[Excerpts from a dataset]
● ● ● ●

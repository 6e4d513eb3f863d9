// The fields of structures, a line for each, and the lines of records.
use super::codes::{board_type, fpga_data_type, gpio_data_type, hash_type, speed};
use super::text::{Label, Name, Part};
use board::{
    BrdInfoFields, EeprMapFields, EepromFields, FpgaNfoFields, GpioRecord, MacInfoFields,
    MapRecord, MemCnfgFields, PromSigFields,
};
use console::show::Address;
use std::io;

pub fn put_eeprom(out: &impl Print, fields: EepromFields) -> io::Result<()> {
    print!(out; "\n  StructLen {}", fields.structlen)?;
    print!(out; "\n  CrcLength {}", fields.crclength)?;
    print!(out; "\n  Version {}", fields.version)
}

pub fn put_map(out: &impl Print, fields: EeprMapFields) -> io::Result<()> {
    print!(out; "\n  PartLabel {}", Label(&fields.partlabel))?;
    print!(out; "\n  BlkLength {}", fields.blklength)?;
    print!(out; "\n  PageSize {}", fields.pagesize)?;
    print!(out; "\n  PartSize {}", fields.partsize)?;
    print!(out; "\n  BusNumber {}", fields.busnumber)?;
    print!(out; "\n  Master {}", fields.master)?;
    print!(out; "\n  Speed {}{}", fields.speed, speed(fields.speed))
}

pub fn put_board(out: &impl Print, fields: BrdInfoFields) -> io::Result<()> {
    print!(out; "\n  ManuName {}", Name(&fields.manuname))?;
    print!(out; "\n  BrdName {}", Name(&fields.brdname))?;
    print!(out; "\n  BrdSerial {}", Name(&fields.brdserial))?;
    print!(out; "\n  BoardId {:08X}h", fields.boardid)?;
    print!(out; "\n  FabId {:08X}h", fields.fabid)?;
    print!(out; "\n  EcId {:08X}h", fields.ecid)?;
    print!(out;
        "\n  BoardType {}{}",
        fields.boardtype,
        board_type(fields.boardtype)
    )
}

pub fn put_prom_sig(out: &impl Print, fields: PromSigFields) -> io::Result<()> {
    print!(out;
        "\n  HashType {:04X}h{}",
        fields.hashtype,
        hash_type(fields.hashtype)
    )?;
    print!(out; "\n  EepromSig {}", Part(fields.eepromsig))
}

pub fn put_fpga(out: &impl Print, fields: FpgaNfoFields) -> io::Result<()> {
    print!(out;
        "\n  DataType {}{}",
        fields.datatype,
        fpga_data_type(fields.datatype)
    )?;
    print!(out; "\n  DevNum {}", fields.devnum)?;
    print!(out; "\n  FuncNum {}", fields.funcnum)?;
    print!(out; "\n  FpgaData {}", Part(fields.fpgadata))
}

pub fn put_memory(out: &impl Print, fields: MemCnfgFields) -> io::Result<()> {
    print!(out; "\n  SpdSlot {:04X}h", fields.spdslot)?;
    print!(out; "\n  MemData {}", Part(fields.memdata))
}

pub fn put_mac(out: &impl Print, fields: MacInfoFields) -> io::Result<()> {
    print!(out; "\n  NicId {}", Name(&fields.nicid))?;
    print!(out; "\n  MacAddr {}", Address(fields.macaddr))?;
    print!(out; "\n  NicNum {}", fields.nicnum)?;
    print!(out; "\n  NicData {}", Part(fields.nicdata))
}

// The line of a record begins with its number.
pub fn put_map_record(out: &impl Print, number: usize, record: MapRecord) -> io::Result<()> {
    print!(out; "\n    {number} {}", Label(&record.maplabel))?;
    print!(out; " Length {} Offset {}", record.length, record.offset.0)?;
    print!(out; " Address {:02X}h", record.address.0)
}

pub fn put_gpio_record(out: &impl Print, number: usize, record: GpioRecord) -> io::Result<()> {
    print!(out; "\n    {number} {}", Label(&record.gpiolabel))?;
    print!(out; " Length {} Offset {}", record.length, record.offset)?;
    print!(out;
        " AndData {:08X}h OrData {:08X}h",
        record.anddata, record.ordata
    )?;
    print!(out;
        " DataSize {} DataType {}{}",
        record.datasize,
        record.datatype,
        gpio_data_type(record.datatype)
    )
}
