// Inner functions that other crates call. They are no public calls: each asks what was shown or prepared before.
pub mod base;
pub mod compound;
pub mod equal;
pub mod known;
pub mod lit;
pub mod marks;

● ● ● ●

▸ **Exercise directions**:
Return the number of lines in the data above that include the word "EepromFields", and nothing else.

▸ **Problem solution**:
2